I started writing down”Things to remember” a while back, once I realized that I am going to forget so many of these moments. It is mostly for me and maybe it will turn into something bigger, but for now I hope that you can find something useful in my musings in-between the memories.
Things to Remember:
Washing dishes to music at the kitchen sink. Snow still falling outside. John reads to Ana in the front room. The realization that I will miss this as they grow and turn towards other things. Of how much this life is breaking my body and mind and filling my heart. A promise to myself to not mourn (well, not for long, anyways) the “emptiness” of the nest when that far-off, so-close day comes but rather to feel the fullness that moments like these ones bring.
Because even now, I have emptiness. A human, raw, unavoidable emptiness. They say that remembering love and gratitude, loving yourself, generosity- that all these things will make the uneasy feeling go away. But who are we without those depths that reach in the opposite direction of joy? Doesn’t some of the beauty and terror of our lives exist in the fact that the most beautiful moments can be borne of or followed by despair, and that we can find the seeds of great joy within destruction…especially of ourselves?
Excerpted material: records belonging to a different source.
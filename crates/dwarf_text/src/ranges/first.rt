// The start of the first range of a list.
ghost use Rattle.std.specs.Prelude.{◌≡◌, ◌≤◌, ◌<◌, ◌+◌, IfErr, OnErr, OnOk};
ghost use Rattle.abi_base.specs.Budgets.{with_taken};
ghost use Rattle.abi_base.specs.declared.fault.FaultKind.TheVariants as kind;
ghost use Rattle.abi_base.specs.declared.fault.NoMemory.TheVariants.{Past};
ghost use Rattle.dwarf_text.specs.ranges.FirstBytes.{first_bytes_of, list_bytes, pair_bytes};
ghost use Rattle.dwarf_text.specs.ranges.RangeLists.{first_start, list_run, pair_run, place_of_list, first_address_of};

use crate::Bases;
use crate::ranges::entry::Source;
use crate::ranges::lists::ListAt;
use abi_base::{Budget, Fault, FaultKind, NoMemory, table_offset};
use dwarf_forms::{DebugInfoOffset, Sections};

// The offset of the list with this index: the entry of the unit's offset table, plus the unit's base.
fn place_of(rnglists: &[u8], base: Option<u64>, index: u64) -> Option<u64>
    ensures { result ≡ place_of_list rnglists.now base index }
{
    match base {
        Some(start) => match table_offset(rnglists, base, index) {
            Some(offset) => Some(start + u64::from(offset)),
            None => None,
        },
        None => None,
    }
}

// The start of the first range of the list at an offset in `.debug_rnglists`.
#[tactic(auto, using(crate::proofs::ranges_lemmas::ListLemmas::list_passes, crate::proofs::ranges_lemmas::ListLemmas::list_gives, crate::proofs::ranges_lemmas::ListLemmas::list_ends))]
fn first_in_list(source: &Source, place: u64, low: u64) -> Result<Option<u64>, Fault>
    ensures { result ≡ first_start (list_run source.now.addr.now source.now.addr_base source.now.entry
        source.now.bytes.now (place, low)) }
{
    let mut at = place as usize;
    let mut base = low;
    'walk: loop {
        match source.list_entry(at, base) {
            Ok(Some(entry)) => {
                if let Some(start) = entry.start {
                    return Ok(Some(start));
                }
                at = entry.after;
                base = entry.base;
            }
            Ok(None) => return Ok(None),
            Err(fault) => return Err(fault),
        }
    }
}

// The start of the first range of the pairs at an offset in `.debug_ranges`.
#[tactic(auto, using(crate::proofs::ranges_lemmas::ListLemmas::pair_passes, crate::proofs::ranges_lemmas::ListLemmas::pair_gives, crate::proofs::ranges_lemmas::ListLemmas::pair_ends))]
fn first_in_pairs(source: &Source, place: u64, low: u64) -> Result<Option<u64>, Fault>
    ensures { result ≡ first_start (pair_run source.now.entry source.now.bytes.now (place, low)) }
{
    let mut at = place as usize;
    let mut base = low;
    'walk: loop {
        match source.pair_entry(at, base) {
            Ok(Some(entry)) => {
                if let Some(start) = entry.start {
                    return Ok(Some(start));
                }
                at = entry.after;
                base = entry.base;
            }
            Ok(None) => return Ok(None),
            Err(fault) => return Err(fault),
        }
    }
}

/// The start of the first range of a list, even of an empty range, or None exactly where the list has no range (DWARF 5, sections
/// 2.17.3 "Non-Contiguous Address Ranges" and 7.25; for pairs DWARF 4, section 2.17.3). `bases` are those of the unit's parts of
/// `.debug_rnglists` and `.debug_addr`, and the first base of its ranges. Sums of addresses are modulo 2^64.
/// Nothing after the first range is read. Up to its end, the fault is `Ranges` where the list is not inside its section, or has a
/// number that does not fit 64 bits or an entry of an unknown kind, and `Index` where the index of the list or of an address has no
/// base or leads outside its section. Both are at the entry. The first fault in the order of the fields counts.
pub fn first_address(
    list: ListAt,
    bases: &Bases,
    sections: &Sections,
    entry: DebugInfoOffset,
) -> Result<Option<u64>, Fault>
    ensures { result ≡ first_address_of sections.now.rnglists.now bases.now.rnglists sections.now.ranges.now
        sections.now.addr.now bases.now.addr bases.now.low entry list }
{
    let lists = Source {
        bytes: sections.rnglists,
        addr: sections.addr,
        addr_base: bases.addr,
        entry,
    };
    match list {
        ListAt::Offset(place) => first_in_list(&lists, place, bases.low),
        ListAt::Index(index) => match place_of(sections.rnglists, bases.rnglists, index) {
            Some(place) => first_in_list(&lists, place, bases.low),
            None => Err(Fault {
                kind: FaultKind::Index,
                at: entry.get(),
            }),
        },
        ListAt::Pairs(place) => first_in_pairs(
            &Source {
                bytes: sections.ranges,
                ..lists
            },
            place,
            bases.low,
        ),
    }
}

// Takes the bytes of the entries from an offset in `.debug_rnglists` up to the first range.
fn take_list(source: &Source, place: u64, budget: &mut Budget) -> Result<(), NoMemory>
    requires { budget.old.taken ≤ budget.old.most }
    ensures taken { OnOk result (budget.new ≡ with_taken budget.old
        (list_bytes source.now.addr.now source.now.addr_base source.now.entry source.now.bytes.now place)) }
    ensures within { OnOk result (budget.old.taken
        + list_bytes source.now.addr.now source.now.addr_base source.now.entry source.now.bytes.now place
        ≤ budget.old.most) }
    ensures past { OnErr result (budget.old.most
        < budget.old.taken + list_bytes source.now.addr.now source.now.addr_base source.now.entry
        source.now.bytes.now place) }
    ensures named { IfErr result (λ e. e ≡ Past budget.old.limit) }
{
    let mut at = place as usize;
    'walk: while let Some(entry) = source.sized_list(at) {
        budget.take(entry.after - at)?;
        if entry.start.is_some() {
            return Ok(());
        }
        at = entry.after;
    }
    Ok(())
}

// Takes the bytes of the pairs from an offset in `.debug_ranges` up to the first range.
fn take_pairs(source: &Source, place: u64, budget: &mut Budget) -> Result<(), NoMemory>
    requires { budget.old.taken ≤ budget.old.most }
    ensures taken { OnOk result (budget.new ≡ with_taken budget.old
        (pair_bytes source.now.entry source.now.bytes.now place)) }
    ensures within { OnOk result (budget.old.taken + pair_bytes source.now.entry source.now.bytes.now place
        ≤ budget.old.most) }
    ensures past { OnErr result (budget.old.most
        < budget.old.taken + pair_bytes source.now.entry source.now.bytes.now place) }
    ensures named { IfErr result (λ e. e ≡ Past budget.old.limit) }
{
    let mut at = place as usize;
    'walk: while let Some(entry) = source.sized_pair(at) {
        budget.take(entry.after - at)?;
        if entry.start.is_some() {
            return Ok(());
        }
        at = entry.after;
    }
    Ok(())
}

/// Takes of the budget the bytes of a list that `first_address` reads: those of its entries up to the first range, or of a faulty
/// list those of the entries before the fault. Fails exactly where the budget has fewer.
pub fn take_first(
    list: ListAt,
    bases: &Bases,
    sections: &Sections,
    budget: &mut Budget,
) -> Result<(), NoMemory>
    requires { budget.old.taken ≤ budget.old.most }
    ensures taken { OnOk result (budget.new ≡ with_taken budget.old
        (first_bytes_of sections.now.rnglists.now bases.now.rnglists sections.now.ranges.now
        sections.now.addr.now bases.now.addr list)) }
    ensures within { OnOk result (budget.old.taken
        + first_bytes_of sections.now.rnglists.now bases.now.rnglists sections.now.ranges.now
        sections.now.addr.now bases.now.addr list ≤ budget.old.most) }
    ensures past { OnErr result (budget.old.most
        < budget.old.taken + first_bytes_of sections.now.rnglists.now bases.now.rnglists sections.now.ranges.now
        sections.now.addr.now bases.now.addr list) }
    ensures named { IfErr result (λ e. e ≡ Past budget.old.limit) }
{
    let lists = Source {
        bytes: sections.rnglists,
        addr: sections.addr,
        addr_base: bases.addr,
        entry: DebugInfoOffset::new(0),
    };
    match list {
        ListAt::Offset(place) => take_list(&lists, place, budget),
        ListAt::Index(index) => match place_of(sections.rnglists, bases.rnglists, index) {
            Some(place) => take_list(&lists, place, budget),
            None => budget.take(0),
        },
        ListAt::Pairs(place) => take_pairs(
            &Source {
                bytes: sections.ranges,
                ..lists
            },
            place,
            budget,
        ),
    }
}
The first time I gave Ana a nibble of my dark chocolate, I promised her that I would always share my chocolate with her, no matter what. Little did I know how often I would have to hold true to my promise! I eat my words, Ana eats my chocolate…
I usually have some at night, when I finally relax on the couch after the kids have gone to bed. That and a cup of tea are special things that mean a lot to me. It might sound like nothing but at a time in my life where it feels like very little is about me at all, I need little things and little reminders of who I am. And who I am, is a lover of tea and dark chocolate.
The thing that I want to remember about this is that most nights I get very sleepy very fast and so I go upstairs to bed and leave the chocolate out on the arm of the couch and the empty cup of tea on the floor or the table. In the morning, once we head downstairs there is usually a little (or a lot) of cleaning up to do, and so I focus on that and breakfast while Ana plays and Deo jumps in the jumpy thing.
I remember the chocolate at the exact time when I start to hear silence coming from the other room…and silence usually means Ana is getting into some kind of trouble. I run to see what’s up, at which point I catch Ana in varying steps of demolishing my chocolate. Keep in mind that when I share with her I usually bite her off a tiny corner and not much more than that. Then imagine the thrill for her, a big chunk in each hand, running fast away from me, stuffing it in her mouth! She gets really mad when I take it away.
Truly it has become kind of a game for us. A game that always ends in sharing mommy’s chocolate! ❤
I don’t even remember what it was I heard this morning that made me realize that a huge part of overcoming my own challenges is simply (haha…like it’s simple) getting out of my own way. I think it was a song, and the woman was singing beautifully about getting out of her own way to spread joy around the world.
When I am in my own way, I spread no joy. I head down a very predictable spiral of negativity in my head, I think thoughts like:
- “I can’t live like this” Usually when I think this I am overwhelmed by the kids and the house and the sheer amount of doing.
- “I am going to fail” The biggest thing I fear failing in is my family, and it is crystal clear to me why. It is the young kid in me who saw her own family fall apart, and starting my own has brought up (yay!) so many of those issues. In the thick of it though, it is hard for me to see that and I often blame it on my current circumstances or even on John or my kids.
- “I am never going to amount to anything” This one is powerful. I usually start by comparing myself to my friends (most of them are in grad school, I stay home with my kids) and I think that my professional self is going to disappear, or even worse, that she will never emerge.
- “I have done it all wrong” Again, usually borne of unrealistic and unnecessary comparisons. Happens a lot when I feel stuck, or judged.
These are just a few but some of the most powerful ways that I get in my own way. I get in my own way by not taking care of myself (simple ways, like forgetting to eat lunch, or neglecting to do yoga or have just a few minutes to myself), and I get in my own way when I am tired.
But, when I can get out of my own way? That, my friend, is where the magic is. Letting life move. Small, important interactions. Creating. Enjoying the babies. Reaching out to people. Laughing! When I can do this, I start to see a future full of amazing possibilities. A present full of joy. A past that is what it is. Nothing written in stone.
In fact, if I could write just one word in stone…It’d probably be gratitude. I’ve been thinking that we’ll start the tradition of a family gratitude journal, writing down one or more things apiece that happened (apparently writing why they happened can also be very helpful) that we are grateful for. Maybe it will help!
Am I alone in this? I always love to hear feedback! How do you get in (or out of) your own way?